The decline of heavy industry affected both sides, but hit the Loyalist communities harder. Education is seen as a route out of the ghetto for Nationalists. Qualifications traditionally had little value among working-class Protestants, who could expect to leave school and move straight into employment. This devalued the need for formal learning. 

Then the jobs dried up.

The legacy of this attitude is still being felt. The group with the lowest exam attainment rate in Northern Ireland is Protestant boys who are entitled to free school meals—one of the most obvious indicators of poverty. Just 47.9 percent of these youngsters achieved A* to C in GCSEs in the latest figures, underperforming their Catholic counterparts by more than 10 percent. Only boys from Roma and traveler backgrounds score lower in the entire UK. Report after report since the millennium has highlighted this problem. 

There are other reasons why youngsters from Loyalist areas are left behind. The grammar school system has a negative impact on the poorest from both communities. Yet Catholic children are more likely to come into contact with higher socio-economic groups through the church and Gaelic Athletic Association activities. Working-class Protestants are ghettoized literally and philosophically. The so-called “Garden Centre Unionists” rarely venture into deprived areas. It is less than a mile from a mural on the Shankill estate that commemorates Stephen “Top Gun” McKeag—a UDA gunman to whom the police attribute at least twelve murders—to Belfast’s trendy Cathedral quarter with its stylish bars and restaurants. It might as well be another planet. The failure of political Unionism is starkly evident to anyone taking this short, twenty-minute walk from a dangerous past, where the lost boys of Protestantism are on the walls and the streets, to a complacent present. 

The DUP in particular has performed badly. It facilitated a form of Brexit that illustrated how quickly Westminster will betray Loyalism. Unionism has left the field clear for Sinn Fein to exert influence at home and abroad, especially in the United States. 

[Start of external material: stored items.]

// The answer to a frame, as a line of hexadecimal digits in a buffer that the caller lends. The functions that put a text at a place of
// a buffer with the room for it give the place behind it.
#![tactic(auto)]

ghost use Rattle.std.specs.Prelude.{◌≡◌, false, [], ◌∷◌, ◌+◌, ◌*◌, ◌/◌, ◌%◌, ◌≤◌, ◌<◌, ltb, length, Ok};
ghost use Rattle.puts.specs.Answers as writing;
ghost use Rattle.puts.specs.Answers.{Put, Tried};
ghost use Rattle.answers.specs.Answer as spec;
ghost use Rattle.answers.specs.Shapes as shapes;
ghost use Rattle.answers.specs.Coded as coded;
ghost use Rattle.answers.specs.Lengths as lengths;

use codes::Words;
use dates::{Date, DateValue, Datetime, Day, Month, Time, TimeOffset, season_number};
use refusals::{Kind, Refusal};

// ---- the bytes of an answer

// A number in four bytes.
fn word(n: u32) -> [u8; 4]
    ensures { result ≡ spec.word_bytes n }
{
    [
        (n / 16777216 % 256) as u8,
        (n / 65536 % 256) as u8,
        (n / 256 % 256) as u8,
        (n % 256) as u8,
    ]
}

// A stored month; ff if it is absent.
#[tactic(auto, unfolding(crate::specs::Answer::month_byte))]
fn month_byte(m: Option<Month>) -> u8
    ensures { result ≡ spec.month_byte m }
{
    match m {
        None => 255,
        Some(m) => m.0,
    }
}

// A stored day; ff if it is absent.
#[tactic(auto, unfolding(crate::specs::Answer::day_byte))]
fn day_byte(d: Option<Day>) -> u8
    ensures { result ≡ spec.day_byte d }
{
    match d {
        None => 255,
        Some(d) => d.0,
    }
}

// The kind of an offset that is there, its hours and its minutes.
fn shift_bytes(o: TimeOffset) -> [u8; 3]
    ensures { result ≡ spec.shift_bytes o }
{
    match o {
        TimeOffset::Utc => [1, 0, 0],
        TimeOffset::Offset {
            positive,
            hours,
            minutes,
        } => {
            if positive {
                return [2, hours, minutes];
            }
            [3, hours, minutes]
        }
    }
}

// The same of one that may be absent.
#[tactic(auto, unfolding(crate::specs::Answer::offset_bytes))]
fn offset_bytes(o: Option<TimeOffset>) -> [u8; 3]
    ensures { result ≡ spec.offset_bytes o }
{
    match o {
        None => [0, 0, 0],
        Some(o) => shift_bytes(o),
    }
}

// A time, and its offset; zeros if it is absent.
fn time_bytes(t: Option<Time>) -> [u8; 7]
    ensures { result ≡ spec.time_bytes t }
{
    match t {
        None => [0, 0, 0, 0, 0, 0, 0],
        Some(t) => {
            let offset = t.offset;
            let o = offset_bytes(offset);
            [1, t.hour, t.minute, t.second, o[0], o[1], o[2]]
        }
    }
}

// A Datetime, in 13 bytes whatever it has: what is absent is ff or zeros.
fn datetime_bytes(d: Datetime) -> [u8; 13]
    ensures { result ≡ spec.datetime_bytes d }
{
    let month = d.month;
    let day = d.day;
    let time = d.time;
    let y = word(codes::twos(d.year));
    let t = time_bytes(time);
    [
        y[0],
        y[1],
        y[2],
        y[3],
        month_byte(month),
        day_byte(day),
        t[0],
        t[1],
        t[2],
        t[3],
        t[4],
        t[5],
        t[6],
    ]
}

// A mark is 1 where it stands.
fn bit(b: bool) -> u8
    ensures { result ≡ spec.bit b }
{
    if b {
        return 1;
    }
    0
}

// The marks, packed: bit 0 uncertain, bit 1 approximate.
fn marks(uncertain: bool, approximate: bool) -> u8
    ensures { result ≡ spec.marks uncertain approximate }
{
    bit(uncertain) & 1 | (bit(approximate) & 1) << 1
}

// ---- the line

// Both digits of a byte as one number, the high one lowest. Six more carry out of a half just where its digit is a letter, and small letters stand 39
// behind where the digits would go on: so no test decides between them.
fn pair(b: u8) -> u16
    ensures { (result % 256 ≡ spec.glyph (b / 16)) × (result / 256 ≡ spec.glyph (b % 16)) }
{
    let halves = (b / 16) as u16 + 256 * ((b % 16) as u16);
    let letters = (halves + 0x0606) / 16 & 0x0101;
    halves + 0x3030 + 39 * letters
}

// The high digit of a byte.
pub fn high(b: u8) -> u8
    ensures { result ≡ spec.glyph (b / 16) }
{
    (pair(b) % 256) as u8
}

// The digit behind it.
pub fn low(b: u8) -> u8
    ensures { result ≡ spec.glyph (b % 16) }
{
    (pair(b) / 256) as u8
}

// Bytes as digits.
fn put_hex(t: &[u8], out: &mut [u8], at: usize) -> usize
    requires { at + 2 * length t.now ≤ length out.old }
    ensures { Put (spec.hex_text t.now) out.old at out.new result }
{
    for (i, &b) in t.iter().enumerate() {
        let d = pair(b);
        out[at + 2 * i] = (d % 256) as u8;
        out[at + 2 * i + 1] = (d / 256) as u8;
    }
    at + 2 * t.len()
}

// Each answer ends its line, so that an answer can be read as soon as it is written.
fn end_line(out: &mut [u8], at: usize) -> usize
    requires { at + 1 ≤ length out.old }
    ensures { Put (10 ∷ []) out.old at out.new result }
{
    out[at] = 10;
    at + 1
}

// One end of a Date; by level one its season comes last.
fn put_end(level: bool, d: Datetime, out: &mut [u8], at: usize) -> usize
    requires { at + 2 * length (spec.end_bytes level d) ≤ length out.old }
    ensures { Put (spec.hex_text (spec.end_bytes level d)) out.old at out.new result }
{
    let k = put_hex(&datetime_bytes(d), out, at);
    if level {
        let season = d.season;
        return put_hex(&[season_number(season)], out, k);
    }
    k
}

// The line of a Date with one Datetime, whose written text is given.
fn put_one(level: bool, shape: u8, marks: u8, d: Datetime, text: &[u8], out: &mut [u8]) -> usize
    requires { length (shapes.one_line level shape marks d text.now) ≤ length out.old }
    ensures { Put (shapes.one_line level shape marks d text.now) out.old 0 out.new result }
{
    let i = put_hex(&[0, shape, marks], out, 0);
    let j = put_end(level, d, out, i);
    let k = put_hex(text, out, j);
    end_line(out, k)
}

// The same with two.
fn put_two(level: bool, marks: u8, a: Datetime, b: Datetime, text: &[u8], out: &mut [u8]) -> usize
    requires { length (shapes.two_line level marks a b text.now) ≤ length out.old }
    ensures { Put (shapes.two_line level marks a b text.now) out.old 0 out.new result }
{
    let h = put_hex(&[0, 3, marks], out, 0);
    let i = put_end(level, a, out, h);
    let j = put_end(level, b, out, i);
    let k = put_hex(text, out, j);
    end_line(out, k)
}

// A byte.
fn put_byte(b: u8, out: &mut [u8], at: usize) -> usize
    requires { at + 2 ≤ length out.old }
    ensures { Put (spec.hex_text (b ∷ [])) out.old at out.new result }
{
    let d = pair(b);
    out[at] = (d % 256) as u8;
    out[at + 1] = (d / 256) as u8;
    at + 2
}

// Three bytes.
fn put_three(a: u8, b: u8, c: u8, out: &mut [u8], at: usize) -> usize
    requires { at + 6 ≤ length out.old }
    ensures { Put (spec.hex_text (a ∷ b ∷ c ∷ [])) out.old at out.new result }
{
    let i = put_byte(a, out, at);
    let j = put_byte(b, out, i);
    put_byte(c, out, j)
}

// Four.
fn put_four(a: u8, b: u8, c: u8, d: u8, out: &mut [u8], at: usize) -> usize
    requires { at + 8 ≤ length out.old }
    ensures { Put (spec.hex_text (a ∷ b ∷ c ∷ d ∷ [])) out.old at out.new result }
{
    let i = put_byte(a, out, at);
    put_three(b, c, d, out, i)
}

// A number in four bytes; what does not fit them is left out.
fn put_quad(n: u64, out: &mut [u8], at: usize) -> usize
    requires { at + 8 ≤ length out.old }
    ensures { Put (spec.hex_text (spec.word_bytes n)) out.old at out.new result }
{
    put_four(
        (n / 16777216 % 256) as u8,
        (n / 65536 % 256) as u8,
        (n / 256 % 256) as u8,
        (n % 256) as u8,
        out,
        at,
    )
}

// A number in eight bytes.
fn put_long(n: u64, out: &mut [u8], at: usize) -> usize
    requires { at + 16 ≤ length out.old }
    ensures { Put (spec.hex_text (spec.long_bytes n)) out.old at out.new result }
{
    let k = put_quad(n / 4294967296, out, at);
    put_quad(n % 4294967296, out, k)
}

// The line of a refusal, which is always as long.
fn put_refused(number: u8, start: u64, end: u64, out: &mut [u8]) -> usize
    requires { 35 ≤ length out.old }
    ensures { Put (spec.line_of (spec.refusal_bytes number start end)) out.old 0 out.new result }
{
    let i = put_byte(number, out, 0);
    let j = put_long(start, out, i);
    let k = put_long(end, out, j);
    end_line(out, k)
}

// ---- by words

// A month or a day, by the number that says whether it is there; ff if it is not.
fn part_byte(has: u64, n: u8) -> u8
    ensures { result ≡ coded.part_byte has n }
{
    if has == 0 {
        return 255;
    }
    n
}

Demographics are not the only reason for the slide towards constitutional instability and the crisis of identity. A lack of creative thinking—and scant concern for the least well off—defines DUP politics. Northern Irish Protestants will have to readjust to life as a minority. That transition has the potential to be explosive. Those who are already the most marginalized are the most menacing. 

Loyalism needs to move away from Orange Order marches. These traditional symbols of dominance are an anachronism. The province’s Protestants deserve a voice, one that will resonate outside their own echo chamber. “Ulster says No,” is no longer an option. The time has come to offer more than balaclavas and flute bands.